South African Security Minister Charles Nqakula has defended a controversial remark in which he accused people of "whinging" about crime.
On Tuesday, Mr Nqakula reiterated that his remark had been directed at certain opposition MPs, and not the public.
"I was politicking - they were politicking. I would never say people who complain about crime should leave the country," he said.
South Africa has one of the world's highest rates of violent crime.
Mr Nqakula has been under pressure since the publication earlier this month of remarks in which he said people who complained about crime could leave the country.
"They can continue to whinge until they're blue in the face, they can continue to be as negative as they want to, or they can simply leave this country so that all of the peace-loving South Africans, good South African people who want to make this a successful country, continue with their work."
A day later Darryl Worth, an MP from the opposition Democratic Alliance, spoke of a "tsunami of crime" during a debate in parliament.
Mr Nqakula replied by saying that opposition members were only now belatedly seeing "the ugly face of crime".
"Apartheid so insulated them, that they did not see crime at all," he said, referring to the fact that most DA members are from the white minority that was privileged under apartheid.

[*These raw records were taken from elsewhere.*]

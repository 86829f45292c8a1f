// The types of the space manager. What they mean is defined in specs/, under the headings of paper 01.
// Numbers of guests are 1 to 8, of slots 0 to 31, of entries 2 to 31.
#![tactic(auto)]

ghost use Rattle.std.specs.Prelude.{◌≡◌};
ghost use Rattle.model.specs.Changes.{raised};
ghost use Rattle.model.specs.declared.Grant.TheVariants.{Nothing};

// The name of a primary space: BASE and four blanks.
pub const BASE: u64 = 0x4241534520202020;

#[derive(Clone, Copy, PartialEq, Eq, PartialOrd, Ord)]
pub enum Right {
    Read,
    Write,
}

// "unused; valid with a space and a right; or revoked". The space is named by its slot.
#[derive(Clone, Copy, Default, PartialEq, Eq)]
pub enum Standing {
    #[default]
    Unused,
    Valid { slot: u8, right: Right },
    Revoked,
}

// "An entry is a sequence number and a standing". The standing stands first: its tag is then the lowest byte of the entry.
#[derive(Clone, Copy, Default, PartialEq, Eq)]
pub struct Entry {
    pub standing: Standing,
    pub sequence: u8,
}

// What a guest is permitted of a space. No Option<Right>: `raised` and `allows` of the specs speak of the three.
#[derive(Clone, Copy, Default, PartialEq, Eq, PartialOrd, Ord)]
pub enum Grant {
    #[default]
    Nothing,
    Reading,
    Writing,
}

// What a right permits on its own.
impl From<Right> for Grant {
    ghost from_gives = { λ right grant. grant ≡ raised Nothing right };

    #[tactic(auto, unfolding(crate::specs::Changes::raised))]
    fn from(right: Right) -> Grant {
        match right {
            Right::Read => Grant::Reading,
            Right::Write => Grant::Writing,
        }
    }
}

#[derive(Clone, Copy, Default, PartialEq, Eq)]
pub struct Permit {
    pub grant: Grant,
}

// A space is live where its identification is not 0; a slot has no Option, since the specs speak of what a free slot holds. A name is
// eight bytes in one number, the first byte highest.
#[derive(Clone, Copy, Default, PartialEq, Eq)]
pub struct Space {
    pub id: u32,
    pub owner: u8,
    pub name: u64,
    pub first: u16,
    pub pages: u16,
}

// A row of the table. The mark `enrolled` stands beside the rest, and no Option, since the specs read the row of any guest.
#[derive(Clone, Copy, Default, PartialEq, Eq)]
pub struct Guest {
    pub enrolled: bool,
    pub allowance: u8,
    pub share: bool,
    pub list: u8,
    pub asf: bool,
}

// The access registers of a CPU, its mode, true for access-register mode and false for primary mode, and its access key.
#[derive(Clone, Copy, Default, PartialEq, Eq)]
pub struct Cpu {
    pub registers: [u32; 16],
    pub mode: bool,
    pub key: u8,
}

// What protects one frame: its 4-bit key, and its fetch-protect mark.
#[derive(Clone, Copy, Default, PartialEq, Eq)]
pub struct Cell {
    pub key: u8,
    pub mark: bool,
}

// Guest g stands at place g - 1 of guests and cpus; its permit for the space in slot u at place u * 8 + (g - 1);
// entry n of its list at place (g - 1) * 30 + (n - 2); the cell of frame f at place f.
#[derive(Clone, Copy, PartialEq, Eq)]
pub struct State {
    pub frames: u32,
    pub next: u32,
    pub spaces: [Space; 32],
    pub guests: [Guest; 8],
    pub cpus: [Cpu; 8],
    pub permits: [Permit; 256],
    pub entries: [Entry; 240],
    pub cells: [Cell; 512],
}

// The kinds of arguments that have limits.
#[derive(Clone, Copy, PartialEq, Eq)]
pub enum Kind {
    Pages,
    Allowance,
    ListSize,
    Flag,
    Name,
    Register,
    Length,
    OtherGuest,
    Frames,
    Key,
}

// One case for each reason. specs/Answers.antt gives each the paper's number and value; these number `Done` among the rest, so that
// it is a case and no Ok.
#[derive(Clone, Copy, PartialEq, Eq)]
pub enum Answer {
    Done { value: u32 },
    Unsound,
    BadCaller,
    Limit { kind: Kind, place: u8 },
    NameTaken,
    NoSpace,
    NotOwner,
    NoSharing,
    AllowanceUsed,
    SlotsUsed,
    NoRun,
    NoIdentification,
    NotPermitted,
    ListFull,
    AletSpecification,
    AlenTranslation,
    AddressingCapability,
    Addressing,
    Protection,
    SpecialOperation,
    PrimarySpace,
    LineNotRead,
    KeyProtection,
    RoomTooSmall,
    NotWritten,
}

// Who calls.
#[derive(Clone, Copy, PartialEq, Eq)]
pub struct Caller {
    pub guest: u32,
}

// What ENROL sets, as it is asked for: the pages of the primary space, the allowance of data spaces, whether the guest may share,
// L, and whether it has the ASF control.
#[derive(Clone, Copy, PartialEq, Eq)]
pub struct Settings {
    pub pages: u32,
    pub allowance: u32,
    pub share: u32,
    pub list: u32,
    pub asf: u32,
}

// The fifteen calls with their arguments, the caller left out. ENROL's guest is its caller. The length of a fetch or
// store is that of the lent buffer.
#[derive(Clone, Copy, PartialEq, Eq)]
pub enum Operation {
    Enrol {
        settings: Settings,
    },
    Create {
        name: u64,
        pages: u32,
    },
    Destroy {
        id: u32,
    },
    Permit {
        id: u32,
        guest: u32,
        right: Right,
    },
    Isolate {
        id: u32,
    },
    Query {
        owner: u32,
        name: u64,
    },
    Add {
        id: u32,
        right: Right,
    },
    Remove {
        token: u32,
    },
    Load {
        register: u32,
        value: u32,
    },
    Mode {
        mode: u32,
    },
    Fetch {
        register: u32,
        address: u32,
    },
    Store {
        register: u32,
        address: u32,
    },
    Reset,
    Key {
        key: u32,
    },
    Block {
        id: u32,
        address: u32,
        key: u32,
        mark: u32,
    },
}

#[derive(Clone, Copy, PartialEq, Eq)]
pub struct Call {
    pub caller: Caller,
    pub operation: Operation,
}

// What a call changes in the tables, as the statements name it: nothing, one element, a new space with or without its guest, or
// all that belongs to spaces that are withdrawn. specs/Changes.antt gives the tables after each. A place, or the number of a
// CPU, is that of an element in its table.
#[derive(Clone, Copy, PartialEq, Eq)]
pub enum Change {
    Keep,
    SetPermit {
        place: u16,
        permit: Permit,
    },
    SetEntry {
        place: u16,
        entry: Entry,
    },
    SetRegister {
        cpu: u8,
        register: u8,
        value: u32,
    },
    SetMode {
        cpu: u8,
        mode: bool,
    },
    AddSpace {
        slot: u8,
        space: Space,
    },
    AddGuest {
        slot: u8,
        space: Space,
        place: u8,
        guest: Guest,
    },
    DestroySpace {
        slot: u8,
    },
    IsolateSpace {
        slot: u8,
    },
    ResetGuest {
        guest: u8,
    },
    SetKey {
        cpu: u8,
        key: u8,
    },
    SetCell {
        place: u16,
        cell: Cell,
    },
}

// What a call returns: the answer and the tables after it.
#[derive(Clone, Copy, PartialEq, Eq)]
pub struct Reply {
    pub answer: Answer,
    pub state: State,
}

// What host access-register translation reaches: the space's slot, and the right.
#[derive(Clone, Copy, PartialEq, Eq)]
pub struct Reach {
    pub slot: u8,
    pub right: Right,
}

// What a line of a session asks for: FRAMES, a call, or nothing that can be read. The length is FETCH's as written, or the
// number of STORE's data bytes, which stand beside; for every other call it is 0. A line that is not read is a case and no None: it is
// answered like the others.
#[derive(Clone, Copy, PartialEq, Eq)]
pub enum Request {
    Frames { frames: u32 },
    Call { call: Call, length: u32 },
    NotRead,
}
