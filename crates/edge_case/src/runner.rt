//! Runs a case: reads it, evaluates it and prints the outcome.
ghost use Rattle.std.specs.Prelude.{◌≡◌, ◌≢◌, ◌≤◌, ◌+◌, option_map, IfOk, IfErr, IsErrOf};
ghost use Rattle.std.specs.Arc.{arc_value};
ghost use Rattle.std.specs.Io.KnownBytes.{Appends, Keeps};
ghost use Rattle.edge_types.specs.Outcome.{Shown};
ghost use Rattle.plan_runner.specs.Page.{Finished};
ghost use Rattle.edge_case.specs.Bytes.{AppendsPart, TakesAtMost, IsInput};
ghost use Rattle.edge_case.specs.FailedLeg.{IsFailedLegAt, IsFailedLegOf, FailsAtLeg};
ghost use Rattle.edge_case.specs.Printed.{end_of, printed};
ghost use Rattle.edge_case.specs.Run.{outcome_of, Reads, IsNoCase, ReadsBefore, Prints, PrintsPart};
ghost use Rattle.edge_case.specs.declared.case_text.Case.{Case};

use crate::case_text::{Case, MAX_CASE};
use crate::ending::{CaseEnd, CaseFault};
use crate::input::read_input;
use crate::printer::print;
use edge_types::{Answer, NoMemory};
use plan_runner::{Page, Running, run_to_end};
use std::alloc::Global;
use std::io::{Read, Write};
use std::sync::Arc;

/// A case that was run.
#[derive(Drop)]
pub struct Ran {
    /// What was printed.
    pub end: CaseEnd,
    /// Its text, which is the whole input.
    pub text: Vec<u8>,
    /// Where an include failed its page, the answer of the leg at which it failed, if that leg asked for one.
    pub failed_leg: Option<Arc<Answer>>,
}

// The case that the input spells, and the input.
fn read_case<R: Read>(alloc: Global, reader: &mut R) -> Result<(Case, Vec<u8>), CaseFault>
    ensures ok { IfOk result (λ (case, text). Reads (R.remaining reader.old) case) }
    ensures text { IfOk result (λ (case, text). IsInput (R.remaining reader.old) text.items) }
    ensures bad { IsErrOf result CaseFault.BadCase → IsNoCase (R.remaining reader.old) }
    ensures through { ReadsBefore result (R.remaining reader.old) (R.remaining reader.new) }
    ensures at_most { TakesAtMost (MAX_CASE + 1) (R.remaining reader.old) (R.remaining reader.new) }
    ensures never_write { IfErr result (λ e. e ≢ CaseFault.Write) }
{
    let text = read_input(alloc, reader)?;
    match Case::read(alloc, &text)? {
        Some(case) => Ok((case, text)),
        None => Err(CaseFault::BadCase),
    }
}

// Evaluates a case and prints the outcome of its page; lends out the answer of the leg at which an include failed it.
fn print_case<W: Write>(
    alloc: Global,
    case: Case,
    writer: &mut W,
    running: Running<'_>,
) -> Result<(CaseEnd, Option<Arc<Answer>>), CaseFault>
    ensures end { IfOk result (λ (end, leg). end ≡ end_of (outcome_of case running.entry.levels)) }
    ensures leg { IfOk result (λ (end, leg). IsFailedLegOf case running.entry.levels (option_map arc_value leg)) }
    ensures written { IfOk result (λ _. Appends (W.contents writer.old) (W.contents writer.new) (printed (outcome_of case running.entry.levels))) }
    ensures nothing { IfErr result (λ e. e ≢ CaseFault.Write → Keeps (W.contents writer.old) (W.contents writer.new)) }
    ensures part { IsErrOf result CaseFault.Write → AppendsPart (W.contents writer.old) (W.contents writer.new) (printed (outcome_of case running.entry.levels)) }
    ensures never_bad { IfErr result (λ e. e ≢ CaseFault.BadCase) }
{
    let Case {
        url,
        request,
        table,
    } = case;
    let (page, outcome) = run_to_end(alloc, url, request, &table, running)?;
    let failed_leg = failed_leg_of(&page)?;
    match print(alloc, writer, &outcome) {
        Ok(end) => Ok((end, failed_leg)),
        Err(fault) => Err(fault),
    }
}

// An owner of the answer of the leg at which an include failed the page.
fn failed_leg_of(page: &Page) -> Result<Option<Arc<Answer>>, NoMemory>
    ensures { IfOk result (λ leg. (outcome : Shown) → page.now.standing ≡ Finished outcome → IsFailedLegAt page.now outcome (option_map arc_value leg)) }
{
    page.sound();
    match page.failed_leg() {
        Some(answer) => Ok(Some(Arc::try_clone(answer)?)),
        None => Ok(None),
    }
}

/// Reads a case text, runs its page and prints the outcome.
///
/// The whole input is read first, but at most `MAX_CASE + 1` bytes. Refusals: `BadCase` if the input
/// isn't a case text; `NoMemory` if an allocation fails; `Read` if a read fails; `Write` if a write
/// fails or takes no byte. After the first three nothing is written, after `Write` only a first part
/// of the printed form. No memory is taken after the first write.
///
/// Our profile.
pub fn run_case<R: Read, W: Write>(
    alloc: Global,
    reader: &mut R,
    writer: &mut W,
    running: Running<'_>,
) -> Result<CaseEnd, CaseFault>
    // What is written is the printed form of the case's outcome, and nothing else.
    ensures printed { IfOk result (λ end. Prints running.entry.levels (R.remaining reader.old)
        (W.contents writer.old) (W.contents writer.new) end) }
    ensures bad_case { IsErrOf result CaseFault.BadCase → IsNoCase (R.remaining reader.old) }
    ensures through { ReadsBefore result (R.remaining reader.old) (R.remaining reader.new) }
    ensures nothing { IfErr result (λ e. e ≢ CaseFault.Write → Keeps (W.contents writer.old) (W.contents writer.new)) }
    ensures part { IsErrOf result CaseFault.Write → PrintsPart running.entry.levels (R.remaining reader.old) (W.contents writer.old) (W.contents writer.new) }
    ensures at_most { TakesAtMost (MAX_CASE + 1) (R.remaining reader.old) (R.remaining reader.new) }
{
    // The text isn't kept: the case has its own copies.
    let (case, _) = read_case(alloc, reader)?;
    let (end, _) = print_case(alloc, case, writer, running)?;
    Ok(end)
}

/// The same, and keeps the text and what is known of the leg at which an include failed the page.
///
/// Our profile.
pub fn run_case_and_keep<R: Read, W: Write>(
    alloc: Global,
    reader: &mut R,
    writer: &mut W,
    running: Running<'_>,
) -> Result<Ran, CaseFault>
    ensures printed { IfOk result (λ ran. Prints running.entry.levels (R.remaining reader.old)
        (W.contents writer.old) (W.contents writer.new) ran.end) }
    ensures text { IfOk result (λ ran. IsInput (R.remaining reader.old) ran.text.items) }
    ensures leg { IfOk result (λ ran. FailsAtLeg running.entry.levels (R.remaining reader.old) (option_map arc_value ran.failed_leg)) }
    ensures bad_case { IsErrOf result CaseFault.BadCase → IsNoCase (R.remaining reader.old) }
    ensures through { ReadsBefore result (R.remaining reader.old) (R.remaining reader.new) }
    ensures nothing { IfErr result (λ e. e ≢ CaseFault.Write → Keeps (W.contents writer.old) (W.contents writer.new)) }
    ensures part { IsErrOf result CaseFault.Write → PrintsPart running.entry.levels (R.remaining reader.old) (W.contents writer.old) (W.contents writer.new) }
    ensures at_most { TakesAtMost (MAX_CASE + 1) (R.remaining reader.old) (R.remaining reader.new) }
{
    let (case, text) = read_case(alloc, reader)?;
    let (end, failed_leg) = print_case(alloc, case, writer, running)?;
    Ok(Ran {
        end,
        text,
        failed_leg,
    })
}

"So they think therefore that our country is tottering under such a wave of crime that they refer to it as a tsunami."
Community Police Forums, as well as opposition groups, were among those who reacted with shock to what they saw as a cavalier attitude by the minister towards a serious crisis facing the country.

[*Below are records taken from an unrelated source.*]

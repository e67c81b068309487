//! The branch of a choose that is taken.

ghost use Rattle.std.specs.Prelude.{◌≡◌, ◌≤◌};
ghost use Rattle.esi_tree.specs.Shown.{elements_of, branches_of};
ghost use Rattle.esi_tree.specs.Tree.{End, depth, branches_depth};
ghost use Rattle.esi_meaning.specs.Meaning.{chosen_content};

use edge_types::Request;
use esi_tree::{Branch, Node};

/// The content of the first `when` whose test holds, else of the otherwise, else nothing.
#[tactic(auto, using(crate::proofs::Depths::depth_chosen_content))]
pub(crate) fn chosen<'a>(request: &Request, branches: &'a [Branch]) -> &'a [Node]
    ensures content { elements_of result.now ≡ chosen_content request.now End (branches_of branches.now) }
    ensures shallow { depth (elements_of result.now) ≤ branches_depth (branches_of branches.now) }
{
    chosen_among(request, branches)
}

// The content that is taken among these branches, tried in turn.
fn chosen_among<'a>(request: &Request, branches: &'a [Branch]) -> &'a [Node]
    ensures { elements_of result.now ≡ chosen_content request.now End (branches_of branches.now) }
{
    let mut otherwise: &'a [Node] = &[];
    for branch in branches {
        match &branch.test {
            Some(test) => {
                if test.holds(request) {
                    return branch.content.as_slice();
                }
            }
            None => otherwise = branch.content.as_slice(),
        }
    }
    otherwise
}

Sam Mangena, of a Community Police Forum in the Pretoria township of Mamelodi, told the Pretoria News newspaper that criminals, and not whingers, were the problem.

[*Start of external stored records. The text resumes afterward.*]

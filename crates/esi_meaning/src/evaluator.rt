//! The evaluator: it walks a template's tree as the meaning does.

ghost use Rattle.std.specs.Prelude.{◌≤◌, IfOk};
ghost use Rattle.std.specs.Arc.{arc_value};
ghost use Rattle.esi_tree.specs.Shown.{element_of, elements_of, branches_of};
ghost use Rattle.esi_tree.specs.Tree.{depth, element_depth, branches_depth};
ghost use Rattle.esi_meaning.specs.Ending.{Ends};
ghost use Rattle.esi_meaning.specs.Evaluator.{FitsDepth};
ghost use Rattle.esi_meaning.specs.Evaluator.{leg_at, elements_at, element_at, choice_at, try_at, include_at, alternative_at};
ghost use Rattle.esi_meaning.specs.Evaluator.{named_at, fetched_at, reply_at, body_at};
ghost use Rattle.esi_meaning.specs.Run.{AsksNobody, tries};

use crate::choice::chosen;
use crate::draft::{
    Draft, Ending, count_leg, no_leg, on_error, push_text, push_values, unprocessed,
};
use crate::inlines::inline_for;
use crate::leg::leg_url;
use crate::limits::MAX_LEGS;
use edge_types::{Answer, NoMemory, PageUrl, Request, SharedBytes, Table};
use esi_tree::{Branch, Include, Node, Template, TreeFault, template};
use esi_vars::{Lookups, Part};
use std::alloc::Global;
use std::sync::Arc;

/// What a page is processed with: what stays the same throughout.
#[derive(Clone, Copy)]
pub(crate) struct Setting<'a> {
    pub(crate) alloc: Global,
    pub(crate) request: &'a Request,
    pub(crate) table: &'a Table,
}

/// The place of a template: how many levels are left under it, and its URL.
#[derive(Clone, Copy)]
pub(crate) struct Standing<'a> {
    pub(crate) level: u8,
    pub(crate) url: &'a PageUrl,
    pub(crate) template: &'a Template,
}

/// The elements one after another; nothing after the first that fails is tried.
#[cycle(evaluator)]
#[tactic(auto, using(crate::proofs::Depths::depth_at))]
pub(crate) fn elements(
    setting: &Setting<'_>,
    standing: Standing<'_>,
    nodes: &[Node],
    draft: &mut Draft,
) -> Result<Ending, NoMemory>
    requires few { draft.old.legs ≤ MAX_LEGS }
    requires shallow { FitsDepth (depth (elements_of nodes.now)) }
    ensures { IfOk result
        (Ends (elements_at setting.now standing.entry (elements_of nodes.now)) draft.old draft.new) }
{
    let mark = draft.body.mark();
    for node in nodes {
        match element(setting, standing, node, draft)? {
            Ending::Complete => {}
            Ending::Failed => {
                draft.body.cut(mark);
                return Ok(Ending::Failed);
            }
            Ending::TooManyLegs => return Ok(Ending::TooManyLegs),
        }
    }
    Ok(Ending::Complete)
}

#[cycle(evaluator)]
fn element(
    setting: &Setting<'_>,
    standing: Standing<'_>,
    node: &Node,
    draft: &mut Draft,
) -> Result<Ending, NoMemory>
    requires few { draft.old.legs ≤ MAX_LEGS }
    requires shallow { FitsDepth (element_depth (element_of node.now)) }
    ensures { IfOk result
        (Ends (element_at setting.now standing.entry (element_of node.now)) draft.old draft.new) }
{
    match node {
        Node::Text(text) => push_text(text, draft),
        Node::VarsText(parts) => push_values(
            setting.alloc,
            setting.request,
            parts.as_slice(),
            draft,
        ),
        Node::Include(asked) => include(setting, standing, asked, draft),
        Node::Choose(branches) => choose(setting, standing, branches.as_slice(), draft),
        Node::Try {
            attempt,
            except,
            ..
        } => one_of(
            setting,
            standing,
            attempt.as_slice(),
            except.as_slice(),
            draft,
        ),
        Node::Vars(content) | Node::Inline { content, .. } => {
            elements(setting, standing, content.as_slice(), draft)
        }
        Node::Nothing => Ok(Ending::Complete),
    }
}

// A choose: its branch that is taken.
#[cycle(evaluator)]
#[tactic(auto, using(crate::proofs::Legs::chosen_run_content))]
fn choose(
    setting: &Setting<'_>,
    standing: Standing<'_>,
    branches: &[Branch],
    draft: &mut Draft,
) -> Result<Ending, NoMemory>
    requires few { draft.old.legs ≤ MAX_LEGS }
    requires shallow { FitsDepth (branches_depth (branches_of branches.now)) }
    ensures { IfOk result
        (Ends (choice_at setting.now standing.entry (branches_of branches.now)) draft.old draft.new) }
{
    let content = chosen(setting.request, branches);
    elements(setting, standing, content, draft)
}

// A try: the attempt, else the except.
#[cycle(evaluator)]
fn one_of(
    setting: &Setting<'_>,
    standing: Standing<'_>,
    attempt: &[Node],
    except: &[Node],
    draft: &mut Draft,
) -> Result<Ending, NoMemory>
    requires few { draft.old.legs ≤ MAX_LEGS }
    requires shallow_attempt { FitsDepth (depth (elements_of attempt.now)) }
    requires shallow_except { FitsDepth (depth (elements_of except.now)) }
    ensures { IfOk result
        (Ends (try_at setting.now standing.entry (elements_of attempt.now) (elements_of except.now)) draft.old draft.new) }
{
    match elements(setting, standing, attempt, draft)? {
        Ending::Failed => elements(setting, standing, except, draft),
        ended => Ok(ended),
    }
}

// An include: its src, else what replaces it.
#[cycle(evaluator)]
fn include(
    setting: &Setting<'_>,
    standing: Standing<'_>,
    include: &Include,
    draft: &mut Draft,
) -> Result<Ending, NoMemory>
    requires few { draft.old.legs ≤ MAX_LEGS }
    ensures { IfOk result
        (Ends (include_at setting.now standing.entry include.now) draft.old draft.new) }
{
    match leg(setting, standing, include.src.as_slice(), draft)? {
        Ending::Failed => alternative(setting, standing, include, draft),
        ended => Ok(ended),
    }
}

// What replaces an include whose src can't be fetched: its alt, else what `onerror` asks for.
#[cycle(evaluator)]
fn alternative(
    setting: &Setting<'_>,
    standing: Standing<'_>,
    include: &Include,
    draft: &mut Draft,
) -> Result<Ending, NoMemory>
    requires few { draft.old.legs ≤ MAX_LEGS }
    ensures { IfOk result
        (Ends (alternative_at setting.now standing.entry include.now) draft.old draft.new) }
{
    let Some(alt) = &include.alt else {
        return Ok(on_error(include.on_error));
    };
    match leg(setting, standing, alt.as_slice(), draft)? {
        Ending::Failed => Ok(on_error(include.on_error)),
        ended => Ok(ended),
    }
}

#[cycle(evaluator)]
#[tactic(auto, using(crate::proofs::Legs::leg_above))]
fn leg(
    setting: &Setting<'_>,
    standing: Standing<'_>,
    text: &[Part],
    draft: &mut Draft,
) -> Result<Ending, NoMemory>
    requires few { draft.old.legs ≤ MAX_LEGS }
    ensures { IfOk result
        (Ends (leg_at setting.now standing.entry text.now) draft.old draft.new) }
{
    if standing.level == 0 {
        return Ok(no_leg(draft));
    }
    let found = leg_url(
        setting.alloc,
        setting.request,
        standing.url,
        text,
        &mut Lookups::none(),
    )?;
    let Some(url) = found else {
        return Ok(no_leg(draft));
    };
    let below = Standing {
        level: standing.level - 1,
        ..standing
    };
    named(setting, below, &url, draft)
}

// A leg of this URL: an inline of its template, or else what the origin answers.
#[cycle(evaluator)]
fn named(
    setting: &Setting<'_>,
    standing: Standing<'_>,
    url: &PageUrl,
    draft: &mut Draft,
) -> Result<Ending, NoMemory>
    requires few { draft.old.legs ≤ MAX_LEGS }
    ensures { IfOk result
        (Ends (named_at setting.now standing.entry url.now) draft.old draft.new) }
{
    match inline_for(setting.alloc, standing.url, url, standing.template.nodes())? {
        Some(content) => inlined(setting, standing, content, draft),
        None => fetched(setting, standing.level, url, draft),
    }
}

// A leg that an inline of its template answers: nothing is fetched.
#[cycle(evaluator)]
fn inlined(
    setting: &Setting<'_>,
    standing: Standing<'_>,
    content: &[Node],
    draft: &mut Draft,
) -> Result<Ending, NoMemory>
    requires few { draft.old.legs ≤ MAX_LEGS }
    requires shallow { FitsDepth (depth (elements_of content.now)) }
    ensures { IfOk result
        (Ends (tries AsksNobody (elements_at setting.now standing.entry (elements_of content.now))) draft.old draft.new) }
{
    if !count_leg(&mut draft.legs) {
        return Ok(Ending::TooManyLegs);
    }
    elements(setting, standing, content, draft)
}

// A leg of this URL that its origin answers.
#[cycle(evaluator)]
fn fetched(
    setting: &Setting<'_>,
    level: u8,
    url: &PageUrl,
    draft: &mut Draft,
) -> Result<Ending, NoMemory>
    requires few { draft.old.legs ≤ MAX_LEGS }
    ensures { IfOk result
        (Ends (fetched_at setting.now level url.now) draft.old draft.new) }
{
    if !count_leg(&mut draft.legs) {
        return Ok(Ending::TooManyLegs);
    }
    match setting.table.get(url) {
        Some(answer) => answered(setting, level, url, answer, draft),
        None => Ok(Ending::Failed),
    }
}

// What an origin's answer results in.
#[cycle(evaluator)]
fn answered(
    setting: &Setting<'_>,
    level: u8,
    url: &PageUrl,
    answer: &Arc<Answer>,
    draft: &mut Draft,
) -> Result<Ending, NoMemory>
    requires few { draft.old.legs ≤ MAX_LEGS }
    ensures { IfOk result
        (Ends (reply_at setting.now level url.now (arc_value answer.now).reply) draft.old draft.new) }
{
    if answer.processed_as_fragment() {
        processed(setting, level, url, &answer.share_body()?, draft)
    } else {
        unprocessed(answer, draft)
    }
}

#[cycle(evaluator)]
fn processed(
    setting: &Setting<'_>,
    level: u8,
    url: &PageUrl,
    body: &SharedBytes,
    draft: &mut Draft,
) -> Result<Ending, NoMemory>
    requires few { draft.old.legs ≤ MAX_LEGS }
    ensures { IfOk result
        (Ends (body_at setting.now level url.now body.now) draft.old draft.new) }
{
    let template = match template(setting.alloc, body) {
        Ok(template) => template,
        Err(TreeFault::Bad(_)) => return Ok(Ending::Failed),
        Err(TreeFault::NoMemory) => return Err(NoMemory),
    };
    let there = Standing {
        level,
        url,
        template: &template,
    };
    elements(setting, there, template.nodes(), draft)
}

"They are the ones who are hurting our people. They should be the ones to leave the country. The perpetrators have to go away," said Mr Mangena.
Apparently trying to debunk the myth that only wealthy white people have cause to complain about crime, the Mail & Guardian newspaper ran a report by Hazel Makuzeni, a resident of Cape Town's poor Khayelitsha township, on how she was robbed at gunpoint while walking to the station on her way to work.
"A gun was pressed against my chest, hard, and I was ordered to hand over my cell phone and my backpack," Ms Makuzeni wrote.
"Then the two young men simply turned away and robbed another woman who was coming behind me. I heard her cries, but I couldn't do anything."
The response from the police, according to Ms Makuzeni's account, was: "Hayi sisi, [no, sister], these things happen."